Exercise directions >> In the listing that follows, the lines starting at the one containing "assert!(rt; short_and_long(rt.alloc())?);" and ending at the one containing "for id in from..to" are to be returned exactly, both boundary lines included, and no others.

----------

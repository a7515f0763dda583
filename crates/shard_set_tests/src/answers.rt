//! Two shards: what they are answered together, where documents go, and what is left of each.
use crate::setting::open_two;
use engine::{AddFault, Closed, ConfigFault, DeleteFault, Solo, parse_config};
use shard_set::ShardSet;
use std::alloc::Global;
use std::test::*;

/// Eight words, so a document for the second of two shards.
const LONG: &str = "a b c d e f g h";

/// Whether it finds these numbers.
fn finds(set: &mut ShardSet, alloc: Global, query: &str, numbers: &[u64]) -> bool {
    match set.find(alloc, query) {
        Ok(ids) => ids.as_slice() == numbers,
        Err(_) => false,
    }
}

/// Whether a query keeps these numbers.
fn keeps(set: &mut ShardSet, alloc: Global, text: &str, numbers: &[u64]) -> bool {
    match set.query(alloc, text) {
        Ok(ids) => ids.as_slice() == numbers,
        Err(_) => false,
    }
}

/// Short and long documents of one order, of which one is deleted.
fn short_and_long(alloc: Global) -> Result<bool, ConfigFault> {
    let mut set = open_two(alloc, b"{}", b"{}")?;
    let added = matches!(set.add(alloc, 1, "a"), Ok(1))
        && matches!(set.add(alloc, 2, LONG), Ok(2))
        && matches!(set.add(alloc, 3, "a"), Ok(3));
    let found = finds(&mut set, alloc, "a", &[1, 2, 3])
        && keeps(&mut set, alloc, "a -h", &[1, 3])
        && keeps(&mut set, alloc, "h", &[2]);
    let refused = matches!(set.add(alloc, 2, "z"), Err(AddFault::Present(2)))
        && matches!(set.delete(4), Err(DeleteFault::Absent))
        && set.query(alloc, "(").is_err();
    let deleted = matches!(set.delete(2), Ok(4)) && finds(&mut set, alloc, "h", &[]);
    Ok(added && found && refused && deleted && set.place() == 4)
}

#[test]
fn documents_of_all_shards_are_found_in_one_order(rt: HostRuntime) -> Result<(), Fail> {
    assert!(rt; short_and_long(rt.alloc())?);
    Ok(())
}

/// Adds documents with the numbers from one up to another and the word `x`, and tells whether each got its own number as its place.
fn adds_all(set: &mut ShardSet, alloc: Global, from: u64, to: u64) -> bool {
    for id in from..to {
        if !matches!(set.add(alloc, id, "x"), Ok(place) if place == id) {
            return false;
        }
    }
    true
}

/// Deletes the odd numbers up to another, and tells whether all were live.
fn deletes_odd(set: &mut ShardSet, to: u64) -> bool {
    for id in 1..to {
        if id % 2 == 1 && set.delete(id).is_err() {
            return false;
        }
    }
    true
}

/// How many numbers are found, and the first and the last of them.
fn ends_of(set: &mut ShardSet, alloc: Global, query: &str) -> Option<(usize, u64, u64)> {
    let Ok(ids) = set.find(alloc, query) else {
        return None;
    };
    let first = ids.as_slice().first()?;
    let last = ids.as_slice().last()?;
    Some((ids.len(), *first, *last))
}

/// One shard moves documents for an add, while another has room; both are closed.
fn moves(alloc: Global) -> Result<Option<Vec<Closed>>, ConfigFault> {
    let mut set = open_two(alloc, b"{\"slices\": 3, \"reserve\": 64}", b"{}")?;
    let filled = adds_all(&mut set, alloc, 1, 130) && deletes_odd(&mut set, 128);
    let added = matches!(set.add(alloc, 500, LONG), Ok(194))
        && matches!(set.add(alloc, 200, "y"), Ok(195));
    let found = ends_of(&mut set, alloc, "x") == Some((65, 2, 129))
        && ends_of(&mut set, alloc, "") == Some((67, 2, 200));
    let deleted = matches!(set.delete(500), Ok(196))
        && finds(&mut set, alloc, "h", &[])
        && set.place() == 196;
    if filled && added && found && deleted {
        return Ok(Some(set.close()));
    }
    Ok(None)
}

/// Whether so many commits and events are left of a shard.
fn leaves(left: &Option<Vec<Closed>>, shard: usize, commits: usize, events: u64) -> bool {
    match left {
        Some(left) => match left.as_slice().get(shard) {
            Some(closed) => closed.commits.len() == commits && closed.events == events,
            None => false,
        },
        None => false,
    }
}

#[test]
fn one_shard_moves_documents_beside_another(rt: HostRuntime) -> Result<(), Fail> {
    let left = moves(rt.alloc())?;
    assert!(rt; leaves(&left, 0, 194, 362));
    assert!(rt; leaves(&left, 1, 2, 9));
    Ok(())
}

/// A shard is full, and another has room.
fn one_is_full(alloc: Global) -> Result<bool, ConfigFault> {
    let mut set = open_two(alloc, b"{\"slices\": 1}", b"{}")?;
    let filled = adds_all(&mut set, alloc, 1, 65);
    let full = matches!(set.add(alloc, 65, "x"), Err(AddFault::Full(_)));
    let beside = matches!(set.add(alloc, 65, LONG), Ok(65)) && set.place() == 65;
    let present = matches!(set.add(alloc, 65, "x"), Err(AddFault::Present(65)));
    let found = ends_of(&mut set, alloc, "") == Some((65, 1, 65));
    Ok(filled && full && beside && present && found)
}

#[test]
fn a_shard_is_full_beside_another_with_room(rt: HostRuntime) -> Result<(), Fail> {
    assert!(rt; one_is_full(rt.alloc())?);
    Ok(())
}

----------

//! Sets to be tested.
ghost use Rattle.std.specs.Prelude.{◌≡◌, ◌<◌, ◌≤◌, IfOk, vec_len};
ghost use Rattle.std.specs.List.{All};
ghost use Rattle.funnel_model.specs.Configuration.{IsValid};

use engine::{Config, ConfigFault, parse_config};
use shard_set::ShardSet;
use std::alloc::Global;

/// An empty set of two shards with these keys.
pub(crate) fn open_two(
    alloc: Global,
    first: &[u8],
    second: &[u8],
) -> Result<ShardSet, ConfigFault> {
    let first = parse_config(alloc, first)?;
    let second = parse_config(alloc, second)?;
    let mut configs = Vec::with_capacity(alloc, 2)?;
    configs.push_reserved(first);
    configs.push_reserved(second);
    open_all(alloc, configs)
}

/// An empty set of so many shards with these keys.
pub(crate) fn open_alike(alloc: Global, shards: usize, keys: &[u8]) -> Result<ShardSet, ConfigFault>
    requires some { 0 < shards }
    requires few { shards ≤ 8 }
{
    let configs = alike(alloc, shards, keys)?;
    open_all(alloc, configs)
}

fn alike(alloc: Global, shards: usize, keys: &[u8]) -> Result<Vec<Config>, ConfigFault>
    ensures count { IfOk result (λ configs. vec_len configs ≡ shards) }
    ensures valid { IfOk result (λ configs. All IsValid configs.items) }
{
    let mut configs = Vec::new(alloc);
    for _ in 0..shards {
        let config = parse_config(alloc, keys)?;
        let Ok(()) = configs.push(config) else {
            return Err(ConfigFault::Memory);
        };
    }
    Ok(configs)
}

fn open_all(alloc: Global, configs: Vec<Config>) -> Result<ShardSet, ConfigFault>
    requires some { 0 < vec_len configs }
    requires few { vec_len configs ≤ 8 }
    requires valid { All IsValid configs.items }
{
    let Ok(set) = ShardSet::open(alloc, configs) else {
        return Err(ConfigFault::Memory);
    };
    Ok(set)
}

----------

Task answer >>
    assert!(rt; short_and_long(rt.alloc())?);
    Ok(())
}

/// Adds documents with the numbers from one up to another and the word `x`, and tells whether each got its own number as its place.
fn adds_all(set: &mut ShardSet, alloc: Global, from: u64, to: u64) -> bool {
    for id in from..to {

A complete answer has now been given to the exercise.